### What the exercise asks:
Which lines below contain the word "Counts"? Copy each of them.

Stored data
= = = = =

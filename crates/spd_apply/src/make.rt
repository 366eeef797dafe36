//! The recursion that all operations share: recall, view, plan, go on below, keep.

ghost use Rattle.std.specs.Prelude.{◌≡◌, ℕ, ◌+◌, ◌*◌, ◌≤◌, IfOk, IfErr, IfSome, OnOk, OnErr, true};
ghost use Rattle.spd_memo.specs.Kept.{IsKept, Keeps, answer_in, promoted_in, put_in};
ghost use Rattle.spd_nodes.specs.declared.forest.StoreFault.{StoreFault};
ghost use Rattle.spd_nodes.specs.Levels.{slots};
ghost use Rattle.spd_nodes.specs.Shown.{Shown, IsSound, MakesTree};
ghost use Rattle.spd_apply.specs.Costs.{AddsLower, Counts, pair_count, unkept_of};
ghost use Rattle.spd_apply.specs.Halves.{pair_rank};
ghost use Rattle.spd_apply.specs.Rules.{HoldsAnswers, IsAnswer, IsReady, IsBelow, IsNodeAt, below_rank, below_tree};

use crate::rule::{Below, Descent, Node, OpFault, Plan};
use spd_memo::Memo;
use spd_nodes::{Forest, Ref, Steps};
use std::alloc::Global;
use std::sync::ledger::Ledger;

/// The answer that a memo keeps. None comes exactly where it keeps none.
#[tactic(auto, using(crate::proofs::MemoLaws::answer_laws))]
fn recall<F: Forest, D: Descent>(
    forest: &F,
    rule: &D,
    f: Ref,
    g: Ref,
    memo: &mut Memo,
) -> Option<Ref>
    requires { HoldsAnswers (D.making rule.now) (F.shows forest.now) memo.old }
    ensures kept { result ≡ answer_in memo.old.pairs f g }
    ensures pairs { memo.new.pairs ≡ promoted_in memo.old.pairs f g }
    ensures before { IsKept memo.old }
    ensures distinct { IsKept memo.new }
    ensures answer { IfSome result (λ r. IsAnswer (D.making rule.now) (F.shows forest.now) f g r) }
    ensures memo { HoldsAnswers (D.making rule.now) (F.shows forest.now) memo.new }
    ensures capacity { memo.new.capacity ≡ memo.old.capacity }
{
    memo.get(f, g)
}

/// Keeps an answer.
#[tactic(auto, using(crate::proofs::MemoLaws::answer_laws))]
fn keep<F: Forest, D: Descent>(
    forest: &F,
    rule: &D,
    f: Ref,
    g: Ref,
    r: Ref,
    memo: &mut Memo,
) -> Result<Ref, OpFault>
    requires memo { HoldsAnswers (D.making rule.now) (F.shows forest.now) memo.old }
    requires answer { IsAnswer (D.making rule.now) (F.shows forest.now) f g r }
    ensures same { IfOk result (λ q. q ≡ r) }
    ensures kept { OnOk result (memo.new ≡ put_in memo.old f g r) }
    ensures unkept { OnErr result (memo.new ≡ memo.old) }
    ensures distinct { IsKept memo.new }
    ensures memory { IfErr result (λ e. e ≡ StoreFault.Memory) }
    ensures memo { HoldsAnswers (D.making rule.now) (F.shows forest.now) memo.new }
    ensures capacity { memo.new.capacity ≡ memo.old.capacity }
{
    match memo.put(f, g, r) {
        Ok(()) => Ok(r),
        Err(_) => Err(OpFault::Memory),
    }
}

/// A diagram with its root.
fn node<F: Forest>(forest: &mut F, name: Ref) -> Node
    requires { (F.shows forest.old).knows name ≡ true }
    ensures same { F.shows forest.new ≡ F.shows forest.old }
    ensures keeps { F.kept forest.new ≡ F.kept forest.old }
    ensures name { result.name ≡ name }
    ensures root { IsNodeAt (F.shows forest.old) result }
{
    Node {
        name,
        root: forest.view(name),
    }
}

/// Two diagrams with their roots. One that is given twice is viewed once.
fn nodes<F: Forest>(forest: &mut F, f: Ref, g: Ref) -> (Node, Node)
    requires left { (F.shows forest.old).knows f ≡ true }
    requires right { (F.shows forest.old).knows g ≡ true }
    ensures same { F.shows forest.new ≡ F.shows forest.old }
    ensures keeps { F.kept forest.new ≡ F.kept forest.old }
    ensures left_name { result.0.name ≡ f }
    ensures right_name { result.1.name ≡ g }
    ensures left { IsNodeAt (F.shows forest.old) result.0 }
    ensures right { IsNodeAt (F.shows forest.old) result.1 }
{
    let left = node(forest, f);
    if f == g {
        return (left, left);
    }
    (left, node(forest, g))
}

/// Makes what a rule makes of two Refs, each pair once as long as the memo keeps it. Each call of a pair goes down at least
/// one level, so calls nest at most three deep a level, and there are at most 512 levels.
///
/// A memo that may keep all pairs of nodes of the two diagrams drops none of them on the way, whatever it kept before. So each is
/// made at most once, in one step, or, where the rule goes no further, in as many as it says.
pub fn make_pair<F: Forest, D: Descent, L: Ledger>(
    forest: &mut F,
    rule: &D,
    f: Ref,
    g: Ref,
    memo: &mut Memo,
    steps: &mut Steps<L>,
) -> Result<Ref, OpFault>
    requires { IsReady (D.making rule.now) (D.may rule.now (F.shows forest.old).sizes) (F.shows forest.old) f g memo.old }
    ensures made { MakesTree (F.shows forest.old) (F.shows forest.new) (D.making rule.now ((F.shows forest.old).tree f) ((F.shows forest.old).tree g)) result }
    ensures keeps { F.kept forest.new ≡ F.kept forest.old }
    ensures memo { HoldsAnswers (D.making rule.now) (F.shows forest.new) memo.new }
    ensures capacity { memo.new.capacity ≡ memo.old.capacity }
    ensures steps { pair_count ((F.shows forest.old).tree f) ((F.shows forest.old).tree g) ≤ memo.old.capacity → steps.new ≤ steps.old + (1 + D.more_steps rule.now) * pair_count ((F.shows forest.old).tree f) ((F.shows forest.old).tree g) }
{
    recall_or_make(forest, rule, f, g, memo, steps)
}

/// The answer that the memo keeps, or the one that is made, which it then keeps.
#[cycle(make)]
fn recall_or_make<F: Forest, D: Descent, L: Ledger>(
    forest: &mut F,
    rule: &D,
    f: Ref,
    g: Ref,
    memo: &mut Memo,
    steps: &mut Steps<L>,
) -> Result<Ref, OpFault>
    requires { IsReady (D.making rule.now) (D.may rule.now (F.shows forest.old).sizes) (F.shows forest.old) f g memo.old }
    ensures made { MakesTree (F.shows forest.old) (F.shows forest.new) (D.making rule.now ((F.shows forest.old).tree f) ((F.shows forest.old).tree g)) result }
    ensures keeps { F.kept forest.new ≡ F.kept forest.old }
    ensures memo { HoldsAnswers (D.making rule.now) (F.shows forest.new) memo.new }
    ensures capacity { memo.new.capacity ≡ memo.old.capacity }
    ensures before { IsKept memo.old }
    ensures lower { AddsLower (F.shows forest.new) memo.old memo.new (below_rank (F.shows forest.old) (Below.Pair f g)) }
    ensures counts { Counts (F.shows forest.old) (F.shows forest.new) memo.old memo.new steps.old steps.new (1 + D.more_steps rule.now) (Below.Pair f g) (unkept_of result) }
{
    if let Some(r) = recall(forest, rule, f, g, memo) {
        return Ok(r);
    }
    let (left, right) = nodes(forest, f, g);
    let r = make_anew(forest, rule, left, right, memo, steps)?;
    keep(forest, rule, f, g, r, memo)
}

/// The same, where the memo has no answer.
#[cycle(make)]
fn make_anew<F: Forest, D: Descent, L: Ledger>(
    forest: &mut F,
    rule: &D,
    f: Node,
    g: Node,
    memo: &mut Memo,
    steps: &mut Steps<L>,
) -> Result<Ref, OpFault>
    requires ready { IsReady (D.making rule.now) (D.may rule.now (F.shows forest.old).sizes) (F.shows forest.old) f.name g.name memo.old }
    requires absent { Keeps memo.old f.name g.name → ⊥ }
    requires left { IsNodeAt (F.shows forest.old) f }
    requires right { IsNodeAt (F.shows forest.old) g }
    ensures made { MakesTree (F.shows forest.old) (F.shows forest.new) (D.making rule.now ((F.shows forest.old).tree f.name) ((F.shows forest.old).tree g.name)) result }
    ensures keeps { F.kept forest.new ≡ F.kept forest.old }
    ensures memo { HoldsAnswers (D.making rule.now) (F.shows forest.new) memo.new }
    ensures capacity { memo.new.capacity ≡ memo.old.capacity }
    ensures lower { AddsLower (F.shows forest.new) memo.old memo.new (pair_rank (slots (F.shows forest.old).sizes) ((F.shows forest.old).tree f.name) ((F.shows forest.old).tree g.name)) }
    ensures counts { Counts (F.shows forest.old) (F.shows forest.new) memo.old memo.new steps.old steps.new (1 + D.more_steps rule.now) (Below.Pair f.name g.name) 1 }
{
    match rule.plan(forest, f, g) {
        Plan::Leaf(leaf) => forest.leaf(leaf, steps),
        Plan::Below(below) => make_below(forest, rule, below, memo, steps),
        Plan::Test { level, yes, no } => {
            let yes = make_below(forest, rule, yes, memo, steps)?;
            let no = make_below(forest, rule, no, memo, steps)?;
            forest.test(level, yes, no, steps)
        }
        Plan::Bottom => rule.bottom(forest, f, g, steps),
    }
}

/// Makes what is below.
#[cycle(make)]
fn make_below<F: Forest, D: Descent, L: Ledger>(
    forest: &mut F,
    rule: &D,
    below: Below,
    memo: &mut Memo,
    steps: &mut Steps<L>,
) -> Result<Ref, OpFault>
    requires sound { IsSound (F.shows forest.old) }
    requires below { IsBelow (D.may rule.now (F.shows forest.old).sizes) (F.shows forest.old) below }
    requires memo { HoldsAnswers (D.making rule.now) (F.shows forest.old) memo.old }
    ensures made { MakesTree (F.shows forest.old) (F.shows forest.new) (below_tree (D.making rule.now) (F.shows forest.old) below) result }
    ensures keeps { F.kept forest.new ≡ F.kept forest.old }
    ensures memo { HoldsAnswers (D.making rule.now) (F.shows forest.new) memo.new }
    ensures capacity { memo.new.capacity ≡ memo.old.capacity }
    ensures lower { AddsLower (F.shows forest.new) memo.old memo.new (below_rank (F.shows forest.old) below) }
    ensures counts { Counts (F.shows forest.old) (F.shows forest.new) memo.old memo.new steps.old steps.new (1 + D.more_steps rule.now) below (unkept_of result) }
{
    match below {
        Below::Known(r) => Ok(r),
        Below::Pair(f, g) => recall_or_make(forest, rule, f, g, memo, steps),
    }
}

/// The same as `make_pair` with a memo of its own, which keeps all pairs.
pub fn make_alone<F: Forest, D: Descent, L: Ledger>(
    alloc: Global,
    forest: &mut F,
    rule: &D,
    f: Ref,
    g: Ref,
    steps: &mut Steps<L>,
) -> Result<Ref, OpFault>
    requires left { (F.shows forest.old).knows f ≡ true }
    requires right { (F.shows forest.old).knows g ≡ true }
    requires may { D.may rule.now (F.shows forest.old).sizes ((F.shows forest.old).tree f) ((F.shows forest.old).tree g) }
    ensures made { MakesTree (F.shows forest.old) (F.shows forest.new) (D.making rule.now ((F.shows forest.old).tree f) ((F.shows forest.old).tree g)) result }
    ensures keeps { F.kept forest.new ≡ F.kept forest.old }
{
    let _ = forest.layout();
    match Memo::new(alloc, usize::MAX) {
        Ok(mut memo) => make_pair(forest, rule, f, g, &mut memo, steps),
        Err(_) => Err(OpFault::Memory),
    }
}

= = = = =

### Finished exercise:
ghost use Rattle.spd_apply.specs.Costs.{AddsLower, Counts, pair_count, unkept_of};
    ensures counts { Counts (F.shows forest.old) (F.shows forest.new) memo.old memo.new steps.old steps.new (1 + D.more_steps rule.now) (Below.Pair f g) (unkept_of result) }
    ensures counts { Counts (F.shows forest.old) (F.shows forest.new) memo.old memo.new steps.old steps.new (1 + D.more_steps rule.now) (Below.Pair f.name g.name) 1 }
    ensures counts { Counts (F.shows forest.old) (F.shows forest.new) memo.old memo.new steps.old steps.new (1 + D.more_steps rule.now) below (unkept_of result) }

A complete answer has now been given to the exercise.